• TASK TO COMPLETE:
Look in the material below for the line with "locket did on it." and the line with "holds the lease.", then set down exactly those two lines and all lines between, nothing more.

(RECORD EXCERPTS begins)

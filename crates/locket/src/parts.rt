//! What is left of a locket that was closed.
ghost use Rattle.std.specs.Prelude.{◌≡◌};
ghost use Rattle.std.specs.Option.{ForSome};
ghost use Rattle.payload_log.specs.Doubts.{RoseBy};
ghost use Rattle.payload_log.specs.Entries.{doubts_in};
ghost use Rattle.locket.specs.Kept.{KeptLocks};
ghost use Rattle.locket.specs.Lives.{state_of, IsLife, IsLawful};
ghost use Rattle.locket.specs.View.{life_of};

use crate::item::LockItem;
use crate::locket::Locket;
use disk_trait::Disk;
use payload_log::Parts;

/// The disk, what the locket did on it, oldest first, and for each item the disk's clock at the end of
/// its call.
pub struct LocketParts<D> {
    pub disk: D,
    pub log: Vec<LockItem>,
    pub marks: Vec<u64>,
}

impl<D: Disk> Locket<D> {
    /// Gives the disk back, with what the locket did on it.
    pub fn into_parts(self) -> LocketParts<D>
        ensures fields { (result.disk ≡ self.disk) × (result.log.items ≡ self.log)
            × (result.marks.items ≡ self.marks) }
        ensures lawful { IsLife (life_of self) × IsLawful (state_of self.base) self.log }
        ensures kept { ForSome (D.told self.disk) (KeptLocks self.base self.log self.marks self.since) }
        ensures doubts { RoseBy (doubts_in self.log) self.faults (D.fault_count self.disk) }
    {
        let Locket { log, state: _ } = self;
        let Parts { disk, log, marks } = log.into_parts();
        LocketParts { disk, log, marks }
    }

    /// Gives the disk back.
    pub fn close(self) -> D
        ensures { result ≡ self.disk }
    {
        let LocketParts {
            disk,
            log: _,
            marks: _,
        } = self.into_parts();
        disk
    }
}
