use crate::state::Lease;
use crash_backoff::Moment;
use diego_names::Name;

/// Why a command changes nothing.
#[derive(Clone, Copy, Debug, PartialEq, Eq)]
pub enum LockRefusal {
    /// The moment is before that of the last change, `seen`.
    Past { seen: Moment },
    /// Another owner holds the lease.
    Held { by: Name, until: u64 },
    /// The caller has not the lease that was given last, or that was released. `last` is its fence.
    NotHolder { last: u64 },
    /// The lease has run out, and can't be renewed.
    Expired { until: u64 },
    /// The locket has made its 1,000,000 changes.
    LockFull,
}

/// The locket's answer to a call.
#[derive(Clone, Copy, Debug, PartialEq, Eq)]
pub enum LockReply {
    /// The lease was given or renewed, and that is acknowledged.
    Ok { lease: Lease },
    /// The caller holds this lease already, and nothing had to change.
    Same { lease: Lease },
    /// The lease with this fence was given back, and that is acknowledged.
    Released { fence: u64 },
    /// Nothing changed.
    Refused(LockRefusal),
}

/// Why a call has no reply.
#[derive(Clone, Copy, Debug, PartialEq, Eq)]
pub enum LockFault {
    /// The disk failed while the change was stored. It isn't acknowledged, and may show after a stop.
    Disk,
    /// Nothing was done.
    OutOfMemory,
}
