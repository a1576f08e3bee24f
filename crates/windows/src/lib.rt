#![tactic(auto)]

ghost use Rattle.std.specs.Prelude.{◌≡◌};
ghost use Rattle.windows.specs.Windows.{arrived, arriving, map_in_rule};

// How many blocks may be in the air.
pub const WINDOW: u32 = 16;

// The map that marks no block.
pub const EMPTY: u16 = 0;

// What a fresh block's arrival brings about: by how much the count of blocks held moves, and the map afterwards.
#[derive(Clone, Copy)]
pub struct Arrival {
    pub moved: u16,
    pub map: u16,
}

// A block arrives that is so far past the count held. One that isn't fresh is not to be placed, and changes nothing.
pub fn arrive(map: u16, ahead: u16) -> Option<Arrival>
    ensures { arrived map result ≡ arriving map ahead }
{
    if WINDOW <= ahead as u32 || (map >> ahead) % 2 == 1 {
        return None;
    }
    let full = map + (1 << ahead);
    let moved = u16::trailing_zeros(!full);
    Some(Arrival {
        moved: moved as u16,
        // in a wider word, since a run may be all 16 bits
        map: ((full as u32) >> moved) as u16,
    })
}

// Whether a map is in rule where so many blocks are left from the count on.
pub fn map_in_rule(map: u16, left: u32) -> bool
    ensures { result ≡ map_in_rule map left }
{
    map % 2 == 0 && (WINDOW <= left || (map as u32) >> left == 0)
}
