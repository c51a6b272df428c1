//! What holds of the definitions alone.
ghost use Rattle.source_merge.specs.Merge.{HasLatestEntries};

/// A merge has, at each key, the whole entry of the latest added source that has it, and no other entries.
pub fn a_merge_has_the_latest_entries()
    ensures { HasLatestEntries }
{}
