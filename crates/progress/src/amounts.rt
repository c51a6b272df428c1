//! Numbers as people read them.
use std::alloc::{AllocError, Global};

/// A number with a comma before each three digits, as far as millions.
fn grouped(alloc: Global, number: u64) -> Result<String, AllocError> {
    let ones = number % 1_000;
    let thousands = number / 1_000 % 1_000;
    let millions = number / 1_000_000;
    if millions > 0 {
        format!(in alloc; "{millions},{thousands:03},{ones:03}")
    } else if thousands > 0 {
        format!(in alloc; "{thousands},{ones:03}")
    } else {
        format!(in alloc; "{ones}")
    }
}

/// So many of so many, where that is known.
pub(crate) fn share(alloc: Global, done: u64, whole: u64) -> Result<String, AllocError> {
    let part = grouped(alloc, done)?;
    if whole == 0 {
        return Ok(part);
    }
    let whole = grouped(alloc, whole.max(done))?;
    format!(in alloc; "{part} of {whole}")
}

/// So many bytes of so many, where that is known, in a unit that suits the larger of both.
pub(crate) fn bytes(alloc: Global, done: u64, whole: u64) -> Result<String, AllocError> {
    let (unit, name) = match whole.max(done) {
        0..10_000 => (1, "bytes"),
        10_000..10_000_000 => (1_000, "kB"),
        _ => (1_000_000, "MB"),
    };
    let amount = share(alloc, done / unit, whole / unit)?;
    format!(in alloc; "{amount} {name}")
}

(RECORD EXCERPTS ends)

• REPLY:
    /// Gives the disk back, with what the locket did on it.
    pub fn into_parts(self) -> LocketParts<D>
        ensures fields { (result.disk ≡ self.disk) × (result.log.items ≡ self.log)
            × (result.marks.items ≡ self.marks) }
        ensures lawful { IsLife (life_of self) × IsLawful (state_of self.base) self.log }
        ensures kept { ForSome (D.told self.disk) (KeptLocks self.base self.log self.marks self.since) }
        ensures doubts { RoseBy (doubts_in self.log) self.faults (D.fault_count self.disk) }
    {
        let Locket { log, state: _ } = self;
        let Parts { disk, log, marks } = log.into_parts();
        LocketParts { disk, log, marks }
    }

    /// Gives the disk back.
    pub fn close(self) -> D
        ensures { result ≡ self.disk }
    {
        let LocketParts {
            disk,
            log: _,
            marks: _,
        } = self.into_parts();
        disk
    }
}
use crate::state::Lease;
use crash_backoff::Moment;
use diego_names::Name;

/// Why a command changes nothing.
#[derive(Clone, Copy, Debug, PartialEq, Eq)]
pub enum LockRefusal {
    /// The moment is before that of the last change, `seen`.
    Past { seen: Moment },
    /// Another owner holds the lease.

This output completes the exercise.